Yesterday I completely finished reading and typing two years (four semesters) worth of algebra notes. (One year undergrad, one year graduate.) I’d been working on it with varying intensity and focus for about one month, so it feels really good to be done with that.
(Aside: For any non-math people that may still be reading out there, this is not algebra in the sense that you’re thinking. It has very little to do with solving 3x+4=7 for x. Here’s an example problem that is sitting in front of me right now: “If G is a finite group of order p^n for a prime p and a positive integer n, show that G has a nontrivial center and that for every k less than or equal to n there exists a normal subgroup of G of order p^k.” And that’s actually one of the easy problems.)
Now I’m in serious study mode. The plan is to work toward committing definitions, concepts, theorems, and proofs to memory. I ordered three linear algebra books from amazon today, and I’m borrowing other algebra texts from a colleague. These textbooks are reading material on top of the aforementioned in-class notes I’ve taken the past two years, and the notes that my graduate algebra professor posted online.

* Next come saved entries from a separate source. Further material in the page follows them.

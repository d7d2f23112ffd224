//! The alphabet of a command.

ghost use Rattle.std.specs.Prelude.{◌≡◌, false, IfOk, IfErr};
ghost use Rattle.ux_base.specs.Outside.{IsLater};
ghost use Rattle.ux_plan.specs.Plans.{Reads, StopsFile};
ghost use Rattle.ux_texts.specs.Texts.{alphabet_format};

use std::alloc::Global;
use ux_alphabet::{Alphabet, AlphabetError};
use ux_base::Folder;
use ux_plan::{Stop, read_decoded, refused};
use ux_reasons::Reason;

/// Reads a file of letters, each a word of its own exactly where `chars` says so.
#[tactic(auto, using(ux_plan::proofs::Decoded::decoding))]
pub fn read_alphabet<F: Folder>(
    alloc: Global,
    name: &str,
    chars: bool,
    folder: &mut F,
) -> Result<Alphabet, Stop<Reason>>
    ensures later { IsLater (F.seen folder.old) (F.seen folder.new) }
    ensures ok { IfOk result (Reads (alphabet_format chars) name.now
        (F.seen folder.old).files) }
    ensures err { IfErr result (StopsFile (alphabet_format chars) name.now
        (F.seen folder.old) (F.seen folder.new)) }
{
    let text = read_decoded(alloc, name, folder)?;
    match Alphabet::read(alloc, text.as_str()) {
        Ok(alphabet) => Ok(with_words(alphabet, chars)),
        Err(AlphabetError::NoMemory) => Err(Stop::NoMemory),
        Err(error) => Err(refused(alloc, name, Reason::Alphabet(error))),
    }
}

/// The same letters, each a word of its own exactly where `chars` says so.
fn with_words(alphabet: Alphabet, chars: bool) -> Alphabet
    requires { alphabet.single ≡ false }
    ensures lines { result.lines ≡ alphabet.lines }
    ensures single { result.single ≡ chars }
{
    if chars {
        alphabet.by_character()
    } else {
        alphabet
    }
}
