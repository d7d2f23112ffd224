//! The numbers of the words without a simple entry.

ghost use Rattle.std.specs.Prelude.{◌≡◌, ◌↔◌, ◌⊎◌, ℕ, false, true, Contains, IfOk, OnOk, Some, get_or, slice_get, slice_set};
ghost use Rattle.std.specs.List.Sorted.{IsStrictlyIncreasing};
ghost use Rattle.ux_lexical_tables.specs.Kept.{items_in, row_at};
ghost use Rattle.ux_apply.specs.Unknown.{AreMarkedIn, HasNoRow, IsWithoutRow};

use std::alloc::{AllocError, Global};
use std::collections::BTreeSet;
use ux_base::Mem;
use ux_dela::Entry;
use ux_lexical_tables::Words;
use ux_lexical_tables::rows::row_of_number;

/// The numbers of the words whose rows are empty, each once and ascending. Takes a step a token,
/// and one insertion for each different unknown word. A number beyond the rows, which no text has,
/// would be inserted at each of its places.
pub(crate) fn unknown_numbers(alloc: Global, words: &Words, rows: &[Vec<Entry>]) -> Mem<Vec<u32>>
    ensures ascending { IfOk result (λ unknown. IsStrictlyIncreasing unknown.items) }
    ensures exact { IfOk result (λ unknown. (number : ℕ) →
        Contains unknown.items number ↔ IsWithoutRow words.now rows.now number) }
{
    let set = unknown_set(alloc, words, rows)?;
    Ok(numbers_in(alloc, set)?)
}

fn unknown_set(
    alloc: Global,
    words: &Words,
    rows: &[Vec<Entry>],
) -> Result<BTreeSet<u32>, AllocError>
    ensures { IfOk result (λ set. (number : ℕ) →
        Contains set.keys number ↔ IsWithoutRow words.now rows.now number) }
{
    let mut set = BTreeSet::new(alloc);
    let mut marks = vec![in alloc; false; rows.len()]?;
    for place in 0..words.len() {
        put_unknown(&mut set, &mut marks, words.at(place), rows)?;
    }
    Ok(set)
}

/// Puts the number of the word into the set, if its row is empty. A mark tells that a number is in
/// the set already.
fn put_unknown(
    set: &mut BTreeSet<u32>,
    marks: &mut Vec<bool>,
    word: Option<u32>,
    rows: &[Vec<Entry>],
) -> Result<(), AllocError>
    requires { AreMarkedIn marks.now.items set.now.keys }
    ensures marked { OnOk result (AreMarkedIn marks.new.items set.new.keys) }
    ensures numbers { OnOk result ((number : ℕ) → Contains set.new.keys number
        ↔ (Contains set.old.keys number ⊎ HasNoRow rows.now number word)) }
{
    if let Some(number) = unknown_at(word, rows) {
        put_number(set, marks, number)?;
    }
    Ok(())
}

/// Puts the number into the set, unless its mark tells that it is there, and marks it.
fn put_number(set: &mut BTreeSet<u32>, marks: &mut Vec<bool>, number: u32) -> Result<(), AllocError>
    requires { AreMarkedIn marks.now.items set.now.keys }
    ensures marked { OnOk result (AreMarkedIn marks.new.items set.new.keys) }
    ensures numbers { OnOk result ((other : ℕ) → Contains set.new.keys other
        ↔ (Contains set.old.keys other ⊎ (number ≡ other))) }
{
    if is_marked(marks, number) {
        return Ok(());
    }
    set.insert(number)?;
    mark(marks, number);
    Ok(())
}

/// Whether the number is marked.
fn is_marked(marks: &[bool], number: u32) -> bool
    ensures { result ≡ get_or marks.now number false }
{
    match marks.get(number as usize) {
        Some(marked) => *marked,
        None => false,
    }
}

/// Marks the number, if there is a mark for it.
fn mark(marks: &mut Vec<bool>, number: u32)
    ensures { marks.new.items ≡ slice_set marks.old.items number true }
{
    if let Some(marked) = marks.get_mut(number as usize) {
        *marked = true;
    }
}

/// The number of the word, if its row is empty.
fn unknown_at(word: Option<u32>, rows: &[Vec<Entry>]) -> Option<u32>
    ensures { (number : ℕ) → (result ≡ Some number) ↔ HasNoRow rows.now number word }
{
    match word {
        Some(_) if row(rows, word).is_empty() => word,
        _ => None,
    }
}

/// The row of the word, if it is one.
fn row(rows: &[Vec<Entry>], word: Option<u32>) -> &[Entry]
    ensures { result.now ≡ row_at rows.now word }
{
    match word {
        Some(number) => row_of_number(rows, number),
        None => &[],
    }
}

fn numbers_in(alloc: Global, set: BTreeSet<u32>) -> Result<Vec<u32>, AllocError>
    ensures items { IfOk result (λ numbers. numbers.items ≡ set.keys) }
    ensures ascending { IfOk result (λ numbers. IsStrictlyIncreasing numbers.items) }
{
    set.into_iter().collect(alloc)
}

I’m going to spend the next month and a half reading, learning, and most important: problem-solving.
In preparation, to know where I should focus these efforts based on past exams, I spent today reading previous algebra qual problems. I started at 9AM and have been working pretty steadily since then, with only a short lunch break (and now a short writing break). Within the first 30-60 minutes, I entered despair and thought “I’ll never know enough to be able to take a test at this level.” Then after lunch I started encountering problems I recognized (proven in class, done on past homework assignments, etc.) and thought “With some studying, I might actually be able to get a handle on this material.” And now, 5 hours into today’s work, I found one part of one problem where I thought “I could totally do this one completely correctly off the top of my head RIGHT NOW.”
I feel comfortable with the general concepts and most of the definitions of terms. In reading these past problems, I understand what they’re asking me to do (most of the time). I just need to practice enough to know HOW to do what they’re asking. If I continue preparing at the rate I’ve been working at this week, I think I can enter the exam room confident enough to not completely sweat through my clothes and start crying uncontrollably. The pressure placed on math phd students with regards to qualifying exams is unbelievable, but I’m trying to overcome that stress and be a realist. We’ll see how it goes.